Finishing worked example

Thermal Cure Schedule with ramp-up time to cure temperature of 5 min: a worked example

This worked example runs the thermal cure schedule numbers for a tougher week than the baseline: ramp-up time to cure temperature of 5 min instead of the typical 10 min. Add ramp, soak, dwell, and cool-down times for a coating cure schedule.

The inputs for this scenario

  • Ramp-up time to cure temperature: 5 min (the input this scenario stresses; the baseline uses 10)
  • Soak time at cure temperature: 8 min (held at the documented default)
  • Additional oven dwell: 6 min (held at the documented default)
  • Cool-down time: 4 min (held at the documented default)

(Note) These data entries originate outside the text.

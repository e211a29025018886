// Names: which there can be.
ghost use Rattle.std.specs.Prelude.{◌≡◌, ◌≤◌, not, ◌&&◌, length, take};
ghost use Rattle.std.specs.List.{list_all};
ghost use Rattle.uefi_types.specs.Units.{text_unit};
ghost use Rattle.uefi_path.specs.Validity.{denied};
ghost use Rattle.volume.specs.Calls.{nameable};
ghost use Rattle.volume.specs.Tree.{is_dots};

use uefi_path::is_denied;
use uefi_types::is_text_unit;

// The most units of a name.
pub(super) const NAME_UNITS: usize = 64;

pub const DOT: u16 = '.' as u16;

// Whether a name is "." or "..", which stand for directories and are no names.
pub fn is_dots(name: &[u16]) -> bool
    ensures { result ≡ is_dots name.now }
{
    matches!(name, [DOT] | [DOT, DOT])
}

// Whether a name may have all the units.
fn are_allowed(units: &[u16]) -> bool
    ensures { result ≡ list_all (λ u. not (denied u) && text_unit u) units.now }
{
    units
        .iter()
        .all(|unit| !is_denied(*unit) && is_text_unit(*unit))
}

// Whether there can be such a name.
pub fn is_name(name: &[u16]) -> bool
    ensures { result ≡ nameable 64 name.now }
{
    let len = name.len();
    if len == 0 || len > NAME_UNITS {
        return false;
    }
    are_allowed(name) && !is_dots(name)
}

// A name that fits, in front of a row's units.
pub(super) fn padded(name: &[u16]) -> [u16; NAME_UNITS]
    requires { length name.now ≤ 64 }
    ensures { take (length name.now) result ≡ name.now }
{
    let mut units = [0; NAME_UNITS];
    units[..name.len()].copy_from_slice(name);
    units
}
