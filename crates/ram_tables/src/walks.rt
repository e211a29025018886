// Where a path leads.
ghost use Rattle.std.specs.Prelude.{◌≡◌, ◌∷◌, reverse};
ghost use Rattle.uefi_path.specs.Meaning.{units_of, remaining};
ghost use Rattle.volume.specs.Tree.{route_of};
ghost use Rattle.ram_tables.specs.Tables.{IsDirectory};
ghost use Rattle.ram_tables.specs.Meaning.{rows_of};
ghost use Rattle.ram_tables.specs.Lookups.{LeadsTo, StepsTo};

use super::names::is_dots;
use super::rows::Led;
use super::tables::NodeTable;
use uefi_path::path::{Components, Path};

impl NodeTable {
    // The directory that a component leads to.
    fn step(&self, d: usize, name: &[u16]) -> Option<usize>
        ensures { StepsTo (rows_of self.now) d name.now result }
    {
        if is_dots(name) {
            return None;
        }
        let n = self.entry(d, name)?;
        if self.is_directory(n) { Some(n) } else { None }
    }

    // Where the components lead, the first of which is `last`, from a directory.
    fn follow<'a>(
        &self,
        from: usize,
        mut last: &'a [u16],
        mut rest: Components<'a>,
    ) -> Option<Led<'a>>
        requires { IsDirectory (rows_of self.now) from }
        ensures { LeadsTo (rows_of self.now) from (reverse (last.now ∷ remaining rest.entry)) result }
    {
        let mut d = from;
        while let Some(next) = rest.next() {
            d = self.step(d, last)?;
            last = next;
        }
        if is_dots(last) {
            return None;
        }
        Some(Led::Last(d, last))
    }

    // Where a path leads from a node; none, where its components lead to no directory.
    pub fn lead<'a>(&self, from: usize, path: &'a Path) -> Option<Led<'a>>
        ensures { LeadsTo (rows_of self.now) from (route_of (units_of path.now)) result }
    {
        let mut parts = path.components();
        let Some(first) = parts.next() else {
            return Some(Led::Own);
        };
        if !self.is_directory(from) {
            return None;
        }
        self.follow(from, first, parts)
    }
}
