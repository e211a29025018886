// The open handles.
ghost use Rattle.std.specs.Prelude.{◌≡◌, ℕ, ◌<◌, ◌≤◌, Some as Just, None as Nothing, Decides, MatchOption, ◌≢◌, slice_set};
ghost use Rattle.ram_tables.specs.Tables.{row, count};
ghost use Rattle.ram_tables.specs.Meaning.{handles_of};

use super::table::Table;
use super::tables::HandleTable;
use volume::Handle;

impl HandleTable {
    // No handle is open.
    pub fn new() -> HandleTable
        ensures { (k : ℕ) → row (handles_of result) k ≡ Nothing }
    {
        HandleTable { rows: Table::new() }
    }

    // The handle that is open under a number.
    pub fn get(&self, number: u64) -> Option<Handle>
        ensures { result ≡ row (handles_of self.now) number }
    {
        self.rows.row(number as usize).copied()
    }

    // A number that no handle has; none, where all are taken.
    pub fn vacant(&self) -> Option<u64>
        ensures { MatchOption result (16 ≤ count (handles_of self.now)) (λ k. (k < 16) × (row (handles_of self.now) k ≡ Nothing) × (count (handles_of self.now) < 16)) }
    {
        self.rows.vacant().map(|k| k as u64)
    }

    // Puts a handle under a number, or takes it away; a number past the table keeps none.
    pub fn put(&mut self, number: u64, handle: Option<Handle>)
        ensures { handles_of self.new ≡ slice_set (handles_of self.old) number handle }
    {
        self.rows.put(number as usize, handle);
    }

    // Whether a handle other than this is open on the node.
    pub fn is_open_elsewhere(&self, number: u64, node: u64) -> bool
        ensures { Decides result ((k : ℕ) × (h : Handle) × (k ≢ number) × (row (handles_of self.now) k ≡ Just h) × (h.node ≡ node)) }
    {
        self.rows
            .find(0, |k, handle| k as u64 != number && handle.node == node)
            .is_some()
    }
}
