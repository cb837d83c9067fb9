// Three hundred edits over a tree, beside what a plain map makes of them: a model in another
// language drew the edits and says what each answers and what stands after 160 and after all of
// them.
//
// An edit is four letters: what it does, a path, another path (or a mode), and the number of its
// refusal, counted from @, which stands for none.
use crate::marks::Mark;
use crate::same::same;
use inode_tree::{NodeKind, Tree};
use std::process::Abort;
use std::test::Fail;
use sx_base::Stop;

// The paths from A on.
const PATHS: &[&[u8]] = &[
    b"a", b"b", b"c", b"a/a", b"a/b", b"b/a", b"b/b", b"c/a", b"a/a/a", b"a/a/b", b"a/b/a",
    b"b/a/a", b"b/b/a", b"a/a/a/a", b"", b"a//b",
];

const EDITS_FIRST: &[&[u8]] = &[
    b"mHCOlLCOcEBOdBE@lGJOfMEOcBB@uGGOmBA@mBLOmDIOcOG@dAFQcGNOmDDOdCH@mIKOfACQcIHOmMHO",
    b"mGEOmEDOrMAOmGLOmDCOdKFOmGEOdBF@fFF@dKBOdHN@mKMOuEDOdFDQmGCOmBA@mHIPdCCQrJBPfBC@",
    b"dEB@lIKOdIOPuLDPmDB@dCEQmHGPmIIOfFFPfOKZlKB@fIGOcKD@cJFOfHJQlAERlLARcBD@fFJPmABP",
    b"dMEPfHFQcEL@dBLQlBIOfLOPdIKOcGEPdOJZcKN@lBDOmFAPlHDOlLERdDC@mJDOmBERmAH@mAAOmJBO",
    b"dBCQdHAQlEDOmHA@lBDRmCD@mBC@mFBOrCFPlLARdCLQcMFOmKHPuAARfID@uJJOuAHRfALQdFAOfNBP",
    b"lCBOlIARmHJPmJIOcGJOdFIOdLBOmJAOuHDPlAGOcKD@dBL@mAA@fHNPmIHPmGFOlJFOfBBQdDLQlKKQ",
    b"fJJ@fDBQcCD@mDB@dDM@lLGPdEOQuFL@dFH@mEI@mCG@dNGQlEKOfEC@fKFPdDOQlEIRmHBOmDEPuHKO",
    b"cFJ@fCC@mHCPuCA@mAKPfLM@dFBQlADRuGB@dIDQfAKQcHLOrHBOcLC@dGE@uDCRfHMOmBMTmDM@lMNO",
];

const EDITS_LAST: &[&[u8]] = &[
    b"mAFSfBAQdCM@cJCOdIAOcAI@fACQlELQcBA@dHC@mEMRmAA@lHCRfHEQmBFTfABQlKEPfEIQdHGQlLAR",
    b"dLFQuHHRlFBRfJAOlDHRmFJOdBAQlABRlMCRrMNSmECRfGEQmBFTcBI@mGPNdALQmEJOlBIOfECQdIKO",
    b"lHLQcEJ@lDBRfMHQmFF@dGJQmKLPlDNOfCDQmBGTmCBSlDJOdGBQmILOlCGRlKCRfHCQmACSmCD@dAOQ",
    b"dJD@fHBOmEIRlEFRdJBQdELQfGFQdPANcGF@cAL@mHLOdGAQcDA@mAGSlDARdCA@dHB@fBPQmBEPlJGR",
    b"fFFQmAETcEC@lBARmKHPfIFQfBBQcEA@mDBSrGASuEF@mFI@cCE@dMBQuIKRfJIQcHL@uFFOdABQdAFQ",
    b"cBF@cBH@cFHOlABRfBHQmFNOlCNQmBASmHASfMBQfBNQfBGQlAKOfFH@lFJRlICRcDF@dHCQdHGQfBDQ",
    b"lFARfKCOdFDQdIBQdFDQmDFPrJB@dCAQcDB@lDPNcBF@mJBOfCBQmACSmFN@dGKQlAMRcBC@dEM@fIJQ",
];

// What stands after the first edits, by number: the inode's kind and mode; and the names.
const INODES_FIRST: &[(u64, NodeKind, u16)] = &[
    (256, NodeKind::Directory, 0o2_452),
    (258, NodeKind::Directory, 0o700),
    (259, NodeKind::Directory, 0o700),
    (260, NodeKind::File, 0o5_225),
    (263, NodeKind::Directory, 0o3_315),
    (268, NodeKind::Directory, 0o700),
    (269, NodeKind::Directory, 0o7_677),
    (270, NodeKind::File, 0o600),
    (272, NodeKind::File, 0o3_416),
    (273, NodeKind::Directory, 0o700),
];

const NAMES_FIRST: &[(u64, &[u8], u64)] = &[
    (256, b"a", 259),
    (256, b"b", 258),
    (258, b"a", 269),
    (258, b"b", 273),
    (259, b"b", 270),
    (263, b"a", 260),
    (268, b"a", 263),
    (269, b"a", 272),
    (273, b"a", 268),
];

// The same after all edits.
const INODES_LAST: &[(u64, NodeKind, u16)] = &[
    (256, NodeKind::Directory, 0o2_452),
    (258, NodeKind::Directory, 0o3_416),
    (259, NodeKind::Directory, 0o3_315),
    (260, NodeKind::File, 0o5_225),
    (263, NodeKind::Directory, 0o3_315),
    (268, NodeKind::Directory, 0o700),
    (269, NodeKind::Directory, 0o7_677),
    (273, NodeKind::Directory, 0o643),
    (274, NodeKind::Directory, 0o1_607),
    (277, NodeKind::Directory, 0o7_034),
    (278, NodeKind::Directory, 0o3_315),
    (279, NodeKind::File, 0o600),
    (280, NodeKind::Directory, 0o700),
];

const NAMES_LAST: &[(u64, &[u8], u64)] = &[
    (256, b"a", 259),
    (256, b"b", 258),
    (256, b"c", 277),
    (258, b"b", 273),
    (259, b"a", 274),
    (259, b"b", 280),
    (263, b"a", 260),
    (268, b"a", 263),
    (269, b"a", 279),
    (273, b"a", 268),
    (274, b"a", 269),
    (277, b"a", 278),
];

fn path_of(letter: u8) -> &'static [u8] {
    match PATHS.get(usize::from(letter.wrapping_sub(b'A'))) {
        Some(path) => path,
        None => b"",
    }
}

fn make(tree: &mut Tree<Mark>, path: &[u8], kind: NodeKind) -> Result<(), Stop> {
    tree.make(path, kind, 0, b"")?;
    Ok(())
}

fn done(tree: &mut Tree<Mark>, what: u8, letter: u8, other_letter: u8) -> Result<(), Stop> {
    let path = path_of(letter);
    let other = path_of(other_letter);
    match what {
        b'd' => make(tree, path, NodeKind::Directory),
        b'f' => make(tree, path, NodeKind::File),
        b'l' => tree.link(path, other),
        b'u' => tree.unlink(path),
        b'r' => tree.rmdir(path),
        b'm' => tree.rename(path, other),
        _ => {
            let mode = u16::from(other_letter.wrapping_sub(b'A')).wrapping_mul(4_999);
            tree.set_mode(path, mode)
        }
    }
}

// The number of the refusal, 0 for none; an error where there is no memory.
fn number_of(answer: Result<(), Stop>) -> Result<u64, Stop> {
    match answer {
        Ok(()) => Ok(0),
        Err(Stop::Refused(refusal)) => Ok(refusal.number()),
        Err(Stop::NoMemory) => Err(Stop::NoMemory),
    }
}

fn edit(rt: &impl Abort, tree: &mut Tree<Mark>, line: &[u8]) -> Result<(), Fail> {
    for edit in line.chunks_exact(4) {
        if let [what, path, other, want] = edit {
            let number = number_of(done(tree, *what, *path, *other))?;
            same(rt, number, u64::from(want.wrapping_sub(b'@')));
        }
    }
    Ok(())
}

fn edit_all(rt: &impl Abort, tree: &mut Tree<Mark>, lines: &[&[u8]]) -> Result<(), Fail> {
    for line in lines {
        edit(rt, tree, line)?;
    }
    Ok(())
}

fn kind_and_mode(tree: &Tree<Mark>, number: u64) -> Option<(NodeKind, u16)> {
    let inode = tree.inode(number)?;
    Some((inode.kind(), inode.mode()))
}

fn inodes_are(rt: &impl Abort, tree: &Tree<Mark>, table: &[(u64, NodeKind, u16)]) {
    let mut last = 0;
    for (number, kind, mode) in table {
        same(rt, tree.inode_after(last), Some(*number));
        same(rt, kind_and_mode(tree, *number), Some((*kind, *mode)));
        last = *number;
    }
    same(rt, tree.inode_after(last), None);
}

fn names_are(rt: &impl Abort, tree: &Tree<Mark>, table: &[(u64, &[u8], u64)]) {
    let mut directory = 0;
    let mut name: &[u8] = b"";
    for entry in table {
        same(rt, tree.name_after(directory, name), Some(*entry));
        directory = entry.0;
        name = entry.1;
    }
    same(rt, tree.name_after(directory, name), None);
}

#[test]
fn edits_leave_what_a_plain_map_has(rt: HostRuntime) -> Result<(), Fail> {
    let mut tree = Tree::new(rt.alloc())?;
    edit_all(&rt, &mut tree, EDITS_FIRST)?;
    let copy = tree.copy()?;
    edit_all(&rt, &mut tree, EDITS_LAST)?;
    inodes_are(&rt, &tree, INODES_LAST);
    names_are(&rt, &tree, NAMES_LAST);
    inodes_are(&rt, &copy, INODES_FIRST);
    names_are(&rt, &copy, NAMES_FIRST);
    Ok(())
}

Working through the calculation

  • The calculation starts from the formula this tool documents: Total = sum of entered elements.
  • Total works out to 23 min at these inputs, and this is the headline figure for the scenario.
  • Element 1 works out to 5 min at these inputs.
  • Element 2 works out to 8 min at these inputs.
  • Element 3 + 4 works out to 10 min at these inputs.

How this compares with the baseline

  • Against the tool's baseline example, where ramp-up time to cure temperature sits at 10 min and the headline result is 28 min, this scenario comes in 17.86% below the baseline at 23 min.
  • Use it to plan batch turnaround, set conveyor takt, or document a standard cure recipe for a specific powder and part. A result at this level usually justifies acting on the stressed input before touching anything else, because every other figure in the table is downstream of it.

Results at a glance

  • Total: 23 min (headline result)
  • Element 1: 5 min
  • Element 2: 8 min
  • Element 3 + 4: 10 min

Run it with your numbers

  • To rerun this with your own numbers, open the live Thermal Cure Schedule calculator, set ramp-up time to cure temperature to your actual value, and adjust the remaining inputs to match your operation.

Last reviewed 2026-05-12.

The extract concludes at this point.